--- DATA TO USE Enclosed Below ---

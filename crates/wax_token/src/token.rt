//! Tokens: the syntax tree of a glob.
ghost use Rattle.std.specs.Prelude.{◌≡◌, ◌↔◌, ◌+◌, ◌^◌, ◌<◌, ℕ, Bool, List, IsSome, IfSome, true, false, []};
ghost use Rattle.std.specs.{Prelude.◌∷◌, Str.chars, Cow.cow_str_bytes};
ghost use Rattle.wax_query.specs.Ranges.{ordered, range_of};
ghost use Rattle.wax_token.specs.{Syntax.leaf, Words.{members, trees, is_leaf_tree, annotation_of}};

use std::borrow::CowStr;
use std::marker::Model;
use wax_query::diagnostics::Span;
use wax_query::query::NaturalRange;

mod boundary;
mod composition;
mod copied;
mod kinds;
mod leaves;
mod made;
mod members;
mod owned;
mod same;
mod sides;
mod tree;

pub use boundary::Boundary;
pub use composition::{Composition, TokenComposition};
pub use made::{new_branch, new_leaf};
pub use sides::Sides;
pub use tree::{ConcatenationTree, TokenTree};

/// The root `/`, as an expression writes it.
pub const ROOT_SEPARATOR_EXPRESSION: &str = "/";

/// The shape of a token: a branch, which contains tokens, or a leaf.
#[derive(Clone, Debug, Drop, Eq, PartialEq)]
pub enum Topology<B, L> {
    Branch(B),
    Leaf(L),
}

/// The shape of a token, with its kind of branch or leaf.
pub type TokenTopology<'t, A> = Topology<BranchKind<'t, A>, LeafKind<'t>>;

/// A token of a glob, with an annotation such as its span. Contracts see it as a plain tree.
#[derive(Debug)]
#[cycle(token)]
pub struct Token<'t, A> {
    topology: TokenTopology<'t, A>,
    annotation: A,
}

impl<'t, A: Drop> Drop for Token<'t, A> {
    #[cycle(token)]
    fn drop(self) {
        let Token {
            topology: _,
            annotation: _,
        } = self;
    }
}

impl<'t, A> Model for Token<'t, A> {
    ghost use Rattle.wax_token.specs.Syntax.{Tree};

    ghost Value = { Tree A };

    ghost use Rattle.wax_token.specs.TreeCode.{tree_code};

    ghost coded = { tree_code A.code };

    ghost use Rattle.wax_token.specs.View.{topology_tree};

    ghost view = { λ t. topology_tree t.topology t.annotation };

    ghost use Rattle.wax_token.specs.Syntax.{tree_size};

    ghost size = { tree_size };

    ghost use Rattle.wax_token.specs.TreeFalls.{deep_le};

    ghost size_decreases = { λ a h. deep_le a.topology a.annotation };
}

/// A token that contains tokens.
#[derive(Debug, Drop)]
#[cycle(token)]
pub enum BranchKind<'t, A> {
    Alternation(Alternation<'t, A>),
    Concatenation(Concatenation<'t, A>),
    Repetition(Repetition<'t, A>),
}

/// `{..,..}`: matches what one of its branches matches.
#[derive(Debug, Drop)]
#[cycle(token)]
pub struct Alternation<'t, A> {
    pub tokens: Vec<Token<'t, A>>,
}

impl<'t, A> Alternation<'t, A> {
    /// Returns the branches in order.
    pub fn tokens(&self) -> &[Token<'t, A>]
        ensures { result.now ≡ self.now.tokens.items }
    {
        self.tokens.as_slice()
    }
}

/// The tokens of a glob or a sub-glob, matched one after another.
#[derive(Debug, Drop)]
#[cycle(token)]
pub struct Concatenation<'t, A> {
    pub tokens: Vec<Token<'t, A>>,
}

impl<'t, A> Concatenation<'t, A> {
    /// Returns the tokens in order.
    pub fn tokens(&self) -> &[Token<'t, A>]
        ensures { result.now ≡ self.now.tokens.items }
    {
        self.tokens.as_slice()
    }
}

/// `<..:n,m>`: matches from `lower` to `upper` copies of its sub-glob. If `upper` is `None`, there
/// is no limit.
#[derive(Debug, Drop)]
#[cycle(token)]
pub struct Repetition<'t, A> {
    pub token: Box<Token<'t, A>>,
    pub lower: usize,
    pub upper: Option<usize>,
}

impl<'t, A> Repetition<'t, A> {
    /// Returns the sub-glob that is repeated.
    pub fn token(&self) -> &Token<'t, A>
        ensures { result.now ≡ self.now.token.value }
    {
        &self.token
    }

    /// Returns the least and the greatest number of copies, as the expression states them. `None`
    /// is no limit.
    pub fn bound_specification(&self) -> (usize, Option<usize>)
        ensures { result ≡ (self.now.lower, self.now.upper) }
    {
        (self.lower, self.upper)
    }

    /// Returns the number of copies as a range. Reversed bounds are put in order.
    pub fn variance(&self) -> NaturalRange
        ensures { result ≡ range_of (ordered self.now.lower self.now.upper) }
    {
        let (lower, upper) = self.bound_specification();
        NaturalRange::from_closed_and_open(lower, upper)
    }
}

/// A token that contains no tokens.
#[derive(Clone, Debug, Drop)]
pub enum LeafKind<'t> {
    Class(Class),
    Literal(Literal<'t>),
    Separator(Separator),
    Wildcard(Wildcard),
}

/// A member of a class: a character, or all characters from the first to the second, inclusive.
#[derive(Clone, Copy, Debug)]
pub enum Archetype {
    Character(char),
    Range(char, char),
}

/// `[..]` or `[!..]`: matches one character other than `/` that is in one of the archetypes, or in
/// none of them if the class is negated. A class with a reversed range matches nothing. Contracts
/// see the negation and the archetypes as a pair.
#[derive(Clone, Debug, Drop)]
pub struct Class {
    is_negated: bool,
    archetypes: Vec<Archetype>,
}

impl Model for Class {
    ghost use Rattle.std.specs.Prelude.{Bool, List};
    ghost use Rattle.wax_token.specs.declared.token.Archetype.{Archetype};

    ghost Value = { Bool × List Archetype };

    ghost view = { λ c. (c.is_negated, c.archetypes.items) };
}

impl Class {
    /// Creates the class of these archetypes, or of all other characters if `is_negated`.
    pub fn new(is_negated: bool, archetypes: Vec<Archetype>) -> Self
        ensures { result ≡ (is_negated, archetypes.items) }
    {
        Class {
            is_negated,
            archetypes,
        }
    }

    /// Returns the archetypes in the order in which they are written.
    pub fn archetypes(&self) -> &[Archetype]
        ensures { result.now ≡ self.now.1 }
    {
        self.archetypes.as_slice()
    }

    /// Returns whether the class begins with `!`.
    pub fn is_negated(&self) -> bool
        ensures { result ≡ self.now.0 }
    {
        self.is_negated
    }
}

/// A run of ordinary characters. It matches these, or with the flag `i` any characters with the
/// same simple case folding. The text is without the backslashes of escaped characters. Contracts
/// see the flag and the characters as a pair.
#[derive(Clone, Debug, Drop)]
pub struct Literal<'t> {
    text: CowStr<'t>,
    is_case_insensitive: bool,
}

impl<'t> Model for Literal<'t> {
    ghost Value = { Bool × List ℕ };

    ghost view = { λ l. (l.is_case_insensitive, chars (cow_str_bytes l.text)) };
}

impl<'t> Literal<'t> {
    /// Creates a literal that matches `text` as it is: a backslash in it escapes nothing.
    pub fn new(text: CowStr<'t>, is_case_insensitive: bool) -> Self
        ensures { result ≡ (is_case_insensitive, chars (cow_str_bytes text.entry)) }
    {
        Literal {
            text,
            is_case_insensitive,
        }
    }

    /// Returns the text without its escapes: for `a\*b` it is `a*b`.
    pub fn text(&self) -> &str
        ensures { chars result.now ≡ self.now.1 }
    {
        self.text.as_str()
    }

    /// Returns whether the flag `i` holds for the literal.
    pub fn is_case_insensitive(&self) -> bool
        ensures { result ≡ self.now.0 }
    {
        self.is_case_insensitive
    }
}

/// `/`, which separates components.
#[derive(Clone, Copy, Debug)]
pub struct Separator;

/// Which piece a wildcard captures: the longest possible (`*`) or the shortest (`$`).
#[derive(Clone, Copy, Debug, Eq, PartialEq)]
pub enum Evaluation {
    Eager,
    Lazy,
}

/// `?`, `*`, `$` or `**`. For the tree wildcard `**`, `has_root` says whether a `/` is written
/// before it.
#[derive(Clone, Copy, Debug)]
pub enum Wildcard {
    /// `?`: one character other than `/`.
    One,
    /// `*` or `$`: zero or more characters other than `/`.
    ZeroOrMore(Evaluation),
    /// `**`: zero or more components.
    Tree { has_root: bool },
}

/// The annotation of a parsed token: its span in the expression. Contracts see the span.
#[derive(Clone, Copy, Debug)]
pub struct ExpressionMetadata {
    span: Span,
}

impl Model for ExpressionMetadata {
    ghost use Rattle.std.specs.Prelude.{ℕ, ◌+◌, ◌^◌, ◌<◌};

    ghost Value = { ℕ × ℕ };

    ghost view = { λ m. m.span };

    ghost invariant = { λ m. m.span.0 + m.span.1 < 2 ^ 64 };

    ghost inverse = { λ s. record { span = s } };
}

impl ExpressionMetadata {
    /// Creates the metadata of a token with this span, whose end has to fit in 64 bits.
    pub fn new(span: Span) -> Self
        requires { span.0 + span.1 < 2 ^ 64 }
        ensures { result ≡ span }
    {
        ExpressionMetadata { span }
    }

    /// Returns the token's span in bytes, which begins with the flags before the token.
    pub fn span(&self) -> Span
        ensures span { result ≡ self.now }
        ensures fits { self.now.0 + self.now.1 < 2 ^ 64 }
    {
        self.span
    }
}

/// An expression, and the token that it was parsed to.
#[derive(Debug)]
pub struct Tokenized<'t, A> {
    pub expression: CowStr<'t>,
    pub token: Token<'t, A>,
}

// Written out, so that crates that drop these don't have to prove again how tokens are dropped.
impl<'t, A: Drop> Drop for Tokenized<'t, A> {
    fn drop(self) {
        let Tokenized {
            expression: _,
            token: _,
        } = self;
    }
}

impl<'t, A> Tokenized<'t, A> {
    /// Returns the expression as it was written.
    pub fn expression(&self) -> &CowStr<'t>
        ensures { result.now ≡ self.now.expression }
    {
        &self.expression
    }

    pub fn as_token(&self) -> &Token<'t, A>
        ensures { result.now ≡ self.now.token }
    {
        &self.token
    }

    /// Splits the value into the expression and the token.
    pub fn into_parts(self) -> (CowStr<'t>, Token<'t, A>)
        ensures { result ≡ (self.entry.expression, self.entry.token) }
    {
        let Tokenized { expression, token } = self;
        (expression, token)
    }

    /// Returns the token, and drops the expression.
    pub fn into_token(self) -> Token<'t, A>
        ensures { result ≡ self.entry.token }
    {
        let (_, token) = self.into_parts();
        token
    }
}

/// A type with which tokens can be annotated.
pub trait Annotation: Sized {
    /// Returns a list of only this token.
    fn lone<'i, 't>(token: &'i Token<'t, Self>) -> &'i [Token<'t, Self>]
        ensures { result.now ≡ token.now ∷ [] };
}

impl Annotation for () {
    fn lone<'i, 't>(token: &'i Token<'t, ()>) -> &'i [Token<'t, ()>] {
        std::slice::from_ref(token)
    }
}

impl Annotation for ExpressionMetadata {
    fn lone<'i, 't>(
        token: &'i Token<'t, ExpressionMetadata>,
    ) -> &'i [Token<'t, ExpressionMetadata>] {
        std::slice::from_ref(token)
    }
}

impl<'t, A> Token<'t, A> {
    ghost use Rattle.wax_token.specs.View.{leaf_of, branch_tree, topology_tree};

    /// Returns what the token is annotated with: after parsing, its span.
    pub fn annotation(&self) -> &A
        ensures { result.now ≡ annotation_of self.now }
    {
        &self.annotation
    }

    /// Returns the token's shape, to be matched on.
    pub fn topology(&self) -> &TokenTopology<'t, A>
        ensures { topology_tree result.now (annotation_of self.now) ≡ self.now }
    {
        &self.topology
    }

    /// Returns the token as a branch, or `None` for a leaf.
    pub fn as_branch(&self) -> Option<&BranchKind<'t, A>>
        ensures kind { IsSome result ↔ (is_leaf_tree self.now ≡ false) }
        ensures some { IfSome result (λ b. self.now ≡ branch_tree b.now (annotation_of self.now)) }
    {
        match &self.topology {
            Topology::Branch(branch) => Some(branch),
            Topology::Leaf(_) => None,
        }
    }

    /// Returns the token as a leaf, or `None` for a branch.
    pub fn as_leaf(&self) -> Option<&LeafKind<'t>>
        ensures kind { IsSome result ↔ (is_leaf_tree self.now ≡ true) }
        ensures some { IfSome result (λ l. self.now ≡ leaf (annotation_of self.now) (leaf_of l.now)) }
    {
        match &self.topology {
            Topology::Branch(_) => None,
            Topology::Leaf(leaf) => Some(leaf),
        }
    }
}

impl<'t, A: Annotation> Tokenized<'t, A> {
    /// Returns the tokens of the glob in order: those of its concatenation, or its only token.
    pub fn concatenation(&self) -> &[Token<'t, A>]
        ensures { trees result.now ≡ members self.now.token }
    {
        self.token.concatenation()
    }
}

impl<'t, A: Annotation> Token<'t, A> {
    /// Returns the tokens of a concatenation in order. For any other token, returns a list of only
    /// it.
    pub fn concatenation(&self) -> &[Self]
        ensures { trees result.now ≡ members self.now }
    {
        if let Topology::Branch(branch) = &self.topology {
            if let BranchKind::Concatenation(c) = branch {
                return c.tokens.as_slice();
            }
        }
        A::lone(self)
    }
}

--- End of Enclosed DATA TO USE ---

TASK DESCRIPTION: After locating the line with "span.0 + span.1" above, return that line and every later line through the one with "impl<'t, A> Tokenized<'t, A>", word for word and with nothing else.

THE COMPLETED TASK:
        requires { span.0 + span.1 < 2 ^ 64 }
        ensures { result ≡ span }
    {
        ExpressionMetadata { span }
    }

    /// Returns the token's span in bytes, which begins with the flags before the token.
    pub fn span(&self) -> Span
        ensures span { result ≡ self.now }
        ensures fits { self.now.0 + self.now.1 < 2 ^ 64 }
    {
        self.span
    }
}

/// An expression, and the token that it was parsed to.
#[derive(Debug)]
pub struct Tokenized<'t, A> {
    pub expression: CowStr<'t>,
    pub token: Token<'t, A>,
}

// Written out, so that crates that drop these don't have to prove again how tokens are dropped.
impl<'t, A: Drop> Drop for Tokenized<'t, A> {
    fn drop(self) {
        let Tokenized {
            expression: _,
            token: _,
        } = self;
    }
}

impl<'t, A> Tokenized<'t, A> {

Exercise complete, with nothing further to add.